Return, from the data that follows, each line that holds the word "number".

• _Records shown_
-*-
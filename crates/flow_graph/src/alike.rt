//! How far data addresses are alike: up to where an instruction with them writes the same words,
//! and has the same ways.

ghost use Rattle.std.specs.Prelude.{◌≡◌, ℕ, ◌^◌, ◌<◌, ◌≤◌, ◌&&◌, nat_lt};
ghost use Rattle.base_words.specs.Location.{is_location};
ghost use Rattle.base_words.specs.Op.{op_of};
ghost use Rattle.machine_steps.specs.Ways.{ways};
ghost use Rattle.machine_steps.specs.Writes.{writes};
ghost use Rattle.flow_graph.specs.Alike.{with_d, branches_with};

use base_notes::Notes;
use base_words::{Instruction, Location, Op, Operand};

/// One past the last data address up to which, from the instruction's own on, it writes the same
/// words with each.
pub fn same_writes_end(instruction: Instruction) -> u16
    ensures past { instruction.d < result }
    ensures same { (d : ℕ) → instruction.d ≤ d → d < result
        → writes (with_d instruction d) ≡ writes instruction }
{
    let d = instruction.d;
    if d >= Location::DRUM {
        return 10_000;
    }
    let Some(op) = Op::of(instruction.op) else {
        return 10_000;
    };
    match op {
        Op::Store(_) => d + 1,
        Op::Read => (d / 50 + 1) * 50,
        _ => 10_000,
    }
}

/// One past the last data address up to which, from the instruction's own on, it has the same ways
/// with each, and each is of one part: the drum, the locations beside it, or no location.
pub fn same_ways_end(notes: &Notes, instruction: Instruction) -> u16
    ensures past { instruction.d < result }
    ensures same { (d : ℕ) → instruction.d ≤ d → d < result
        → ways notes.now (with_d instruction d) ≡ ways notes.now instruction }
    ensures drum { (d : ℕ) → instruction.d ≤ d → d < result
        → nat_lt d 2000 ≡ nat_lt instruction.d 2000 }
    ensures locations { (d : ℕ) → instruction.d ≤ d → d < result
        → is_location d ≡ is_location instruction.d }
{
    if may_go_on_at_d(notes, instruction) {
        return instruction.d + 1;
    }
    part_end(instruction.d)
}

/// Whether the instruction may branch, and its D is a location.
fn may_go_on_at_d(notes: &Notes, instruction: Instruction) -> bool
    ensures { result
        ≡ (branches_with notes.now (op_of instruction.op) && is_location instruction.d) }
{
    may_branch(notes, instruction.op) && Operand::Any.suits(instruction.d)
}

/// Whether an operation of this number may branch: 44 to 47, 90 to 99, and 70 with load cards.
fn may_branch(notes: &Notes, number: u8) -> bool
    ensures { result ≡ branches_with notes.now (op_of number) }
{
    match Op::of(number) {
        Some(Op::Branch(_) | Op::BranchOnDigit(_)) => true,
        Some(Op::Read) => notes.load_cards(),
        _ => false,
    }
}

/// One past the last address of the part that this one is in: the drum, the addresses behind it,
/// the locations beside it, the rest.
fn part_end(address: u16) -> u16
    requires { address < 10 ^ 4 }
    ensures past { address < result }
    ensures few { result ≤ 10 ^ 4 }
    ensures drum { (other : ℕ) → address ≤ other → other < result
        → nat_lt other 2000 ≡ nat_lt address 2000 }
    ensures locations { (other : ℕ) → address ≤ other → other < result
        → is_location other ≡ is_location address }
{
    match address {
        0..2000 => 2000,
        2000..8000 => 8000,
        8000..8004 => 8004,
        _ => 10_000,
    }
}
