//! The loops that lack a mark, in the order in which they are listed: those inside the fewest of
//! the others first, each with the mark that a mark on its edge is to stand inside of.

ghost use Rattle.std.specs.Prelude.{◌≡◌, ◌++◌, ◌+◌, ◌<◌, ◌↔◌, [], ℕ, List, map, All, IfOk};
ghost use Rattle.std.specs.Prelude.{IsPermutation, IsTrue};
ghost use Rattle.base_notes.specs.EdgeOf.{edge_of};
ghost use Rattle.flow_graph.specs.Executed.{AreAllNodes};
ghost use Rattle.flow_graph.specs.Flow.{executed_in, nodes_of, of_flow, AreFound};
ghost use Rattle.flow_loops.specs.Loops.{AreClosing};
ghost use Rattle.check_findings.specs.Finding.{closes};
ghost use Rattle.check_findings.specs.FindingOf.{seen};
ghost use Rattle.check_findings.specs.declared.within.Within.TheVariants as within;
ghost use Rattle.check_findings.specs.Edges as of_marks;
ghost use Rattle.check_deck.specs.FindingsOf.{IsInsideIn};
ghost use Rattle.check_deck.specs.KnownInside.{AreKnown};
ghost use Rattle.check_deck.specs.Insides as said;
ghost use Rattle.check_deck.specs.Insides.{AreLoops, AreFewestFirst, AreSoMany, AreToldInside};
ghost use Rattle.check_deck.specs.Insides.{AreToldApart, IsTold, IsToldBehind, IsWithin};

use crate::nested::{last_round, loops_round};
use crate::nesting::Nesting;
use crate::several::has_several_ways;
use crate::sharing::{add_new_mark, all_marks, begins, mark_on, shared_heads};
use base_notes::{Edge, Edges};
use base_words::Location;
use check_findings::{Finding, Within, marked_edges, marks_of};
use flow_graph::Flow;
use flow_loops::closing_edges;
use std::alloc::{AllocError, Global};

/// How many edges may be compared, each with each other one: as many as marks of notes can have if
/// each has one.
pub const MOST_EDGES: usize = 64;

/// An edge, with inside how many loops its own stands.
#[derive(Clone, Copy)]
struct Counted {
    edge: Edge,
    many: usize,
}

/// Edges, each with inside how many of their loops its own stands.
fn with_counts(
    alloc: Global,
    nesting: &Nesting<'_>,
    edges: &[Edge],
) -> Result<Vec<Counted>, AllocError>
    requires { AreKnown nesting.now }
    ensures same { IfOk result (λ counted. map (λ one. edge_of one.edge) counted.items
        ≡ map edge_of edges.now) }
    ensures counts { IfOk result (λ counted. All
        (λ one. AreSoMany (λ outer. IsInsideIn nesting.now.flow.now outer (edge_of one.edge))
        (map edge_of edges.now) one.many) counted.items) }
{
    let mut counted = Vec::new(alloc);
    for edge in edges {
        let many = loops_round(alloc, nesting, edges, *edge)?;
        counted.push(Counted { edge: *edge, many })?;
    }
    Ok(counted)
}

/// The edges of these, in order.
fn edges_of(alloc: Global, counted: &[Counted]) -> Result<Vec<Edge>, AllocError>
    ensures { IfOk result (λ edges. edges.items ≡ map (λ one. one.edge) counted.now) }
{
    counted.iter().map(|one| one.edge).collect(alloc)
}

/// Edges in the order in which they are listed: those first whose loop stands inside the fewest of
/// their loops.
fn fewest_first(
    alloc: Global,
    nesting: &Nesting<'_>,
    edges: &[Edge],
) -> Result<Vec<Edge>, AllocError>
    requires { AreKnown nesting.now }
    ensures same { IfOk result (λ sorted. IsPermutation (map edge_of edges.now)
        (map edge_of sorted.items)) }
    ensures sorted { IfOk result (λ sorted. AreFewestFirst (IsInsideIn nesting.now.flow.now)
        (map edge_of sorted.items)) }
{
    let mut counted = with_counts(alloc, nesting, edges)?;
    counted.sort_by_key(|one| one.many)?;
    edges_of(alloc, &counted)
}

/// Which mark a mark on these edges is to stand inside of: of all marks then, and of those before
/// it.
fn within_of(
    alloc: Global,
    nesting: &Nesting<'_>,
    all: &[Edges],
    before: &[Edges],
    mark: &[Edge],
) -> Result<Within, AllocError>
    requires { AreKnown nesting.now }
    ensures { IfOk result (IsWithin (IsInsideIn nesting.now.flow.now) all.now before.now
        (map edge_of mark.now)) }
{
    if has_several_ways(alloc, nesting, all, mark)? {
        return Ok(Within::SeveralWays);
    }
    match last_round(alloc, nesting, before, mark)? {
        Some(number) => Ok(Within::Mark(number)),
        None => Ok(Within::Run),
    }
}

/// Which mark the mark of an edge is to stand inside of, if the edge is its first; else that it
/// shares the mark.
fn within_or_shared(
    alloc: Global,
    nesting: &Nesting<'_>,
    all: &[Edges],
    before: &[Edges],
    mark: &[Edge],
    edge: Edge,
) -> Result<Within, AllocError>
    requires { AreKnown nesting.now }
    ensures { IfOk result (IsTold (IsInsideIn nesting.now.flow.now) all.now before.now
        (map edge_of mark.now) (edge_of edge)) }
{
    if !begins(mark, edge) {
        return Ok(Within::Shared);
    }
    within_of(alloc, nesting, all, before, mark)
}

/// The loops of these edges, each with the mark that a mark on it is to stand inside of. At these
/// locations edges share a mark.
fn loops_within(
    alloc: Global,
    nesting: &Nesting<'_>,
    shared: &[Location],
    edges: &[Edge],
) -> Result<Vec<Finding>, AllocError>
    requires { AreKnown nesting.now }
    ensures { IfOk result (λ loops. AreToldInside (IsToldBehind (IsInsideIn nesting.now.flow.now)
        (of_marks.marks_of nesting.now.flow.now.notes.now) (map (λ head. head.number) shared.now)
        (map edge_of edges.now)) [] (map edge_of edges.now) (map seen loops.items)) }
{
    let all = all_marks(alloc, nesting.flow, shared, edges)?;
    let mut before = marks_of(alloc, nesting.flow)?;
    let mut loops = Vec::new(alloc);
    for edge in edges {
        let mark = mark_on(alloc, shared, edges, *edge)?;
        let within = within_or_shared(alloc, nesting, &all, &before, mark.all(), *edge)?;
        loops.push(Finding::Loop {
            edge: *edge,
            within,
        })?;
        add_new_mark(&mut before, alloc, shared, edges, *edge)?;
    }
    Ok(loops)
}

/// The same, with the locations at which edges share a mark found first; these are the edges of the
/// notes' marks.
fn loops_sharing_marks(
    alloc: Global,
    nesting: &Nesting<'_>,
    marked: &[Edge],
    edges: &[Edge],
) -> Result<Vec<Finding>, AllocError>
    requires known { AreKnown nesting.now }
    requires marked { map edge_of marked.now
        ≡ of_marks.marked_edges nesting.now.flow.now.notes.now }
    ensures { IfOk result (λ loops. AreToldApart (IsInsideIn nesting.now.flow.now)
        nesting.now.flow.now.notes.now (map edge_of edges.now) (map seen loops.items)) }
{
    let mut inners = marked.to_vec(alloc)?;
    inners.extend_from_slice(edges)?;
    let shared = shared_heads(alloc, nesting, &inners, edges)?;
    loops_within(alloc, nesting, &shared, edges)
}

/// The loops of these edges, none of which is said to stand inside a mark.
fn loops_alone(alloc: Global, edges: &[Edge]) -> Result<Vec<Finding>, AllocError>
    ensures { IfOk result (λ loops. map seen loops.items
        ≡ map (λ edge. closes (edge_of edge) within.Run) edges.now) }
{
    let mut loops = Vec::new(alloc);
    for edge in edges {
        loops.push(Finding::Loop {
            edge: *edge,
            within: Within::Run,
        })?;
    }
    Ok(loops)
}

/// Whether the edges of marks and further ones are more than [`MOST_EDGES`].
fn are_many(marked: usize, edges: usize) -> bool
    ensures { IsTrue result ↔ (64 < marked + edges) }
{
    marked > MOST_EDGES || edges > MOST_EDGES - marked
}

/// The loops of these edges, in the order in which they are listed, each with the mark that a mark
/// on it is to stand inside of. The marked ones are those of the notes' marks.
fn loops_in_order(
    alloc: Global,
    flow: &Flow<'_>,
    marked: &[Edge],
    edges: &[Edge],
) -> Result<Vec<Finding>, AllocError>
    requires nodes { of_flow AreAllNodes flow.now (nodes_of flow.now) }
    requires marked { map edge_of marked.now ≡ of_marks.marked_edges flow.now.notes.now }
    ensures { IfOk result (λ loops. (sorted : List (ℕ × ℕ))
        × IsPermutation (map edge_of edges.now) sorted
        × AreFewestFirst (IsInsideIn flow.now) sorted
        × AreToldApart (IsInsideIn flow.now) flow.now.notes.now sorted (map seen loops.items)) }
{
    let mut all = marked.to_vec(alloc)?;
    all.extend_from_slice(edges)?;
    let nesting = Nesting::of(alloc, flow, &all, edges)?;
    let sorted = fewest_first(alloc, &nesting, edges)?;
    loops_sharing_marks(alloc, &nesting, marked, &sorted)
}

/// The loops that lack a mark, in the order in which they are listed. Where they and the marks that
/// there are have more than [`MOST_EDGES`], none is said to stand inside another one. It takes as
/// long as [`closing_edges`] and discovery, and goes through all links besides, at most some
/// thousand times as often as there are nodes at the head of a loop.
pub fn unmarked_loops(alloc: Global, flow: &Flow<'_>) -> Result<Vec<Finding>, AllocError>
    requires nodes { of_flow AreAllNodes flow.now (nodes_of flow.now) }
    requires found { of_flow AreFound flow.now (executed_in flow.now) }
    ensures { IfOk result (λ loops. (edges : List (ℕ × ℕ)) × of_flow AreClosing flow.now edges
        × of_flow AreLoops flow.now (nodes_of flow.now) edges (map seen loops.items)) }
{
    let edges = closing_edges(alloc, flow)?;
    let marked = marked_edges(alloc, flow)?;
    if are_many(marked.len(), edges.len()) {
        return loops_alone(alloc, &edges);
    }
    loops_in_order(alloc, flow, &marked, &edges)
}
-*-
• _Response area_
/// Whether an operation of this number may branch: 44 to 47, 90 to 99, and 70 with load cards.
fn may_branch(notes: &Notes, number: u8) -> bool
    ensures { result ≡ branches_with notes.now (op_of number) }
    match Op::of(number) {
        Some(number) => Ok(Within::Mark(number)),
        (of_marks.marks_of nesting.now.flow.now.notes.now) (map (λ head. head.number) shared.now)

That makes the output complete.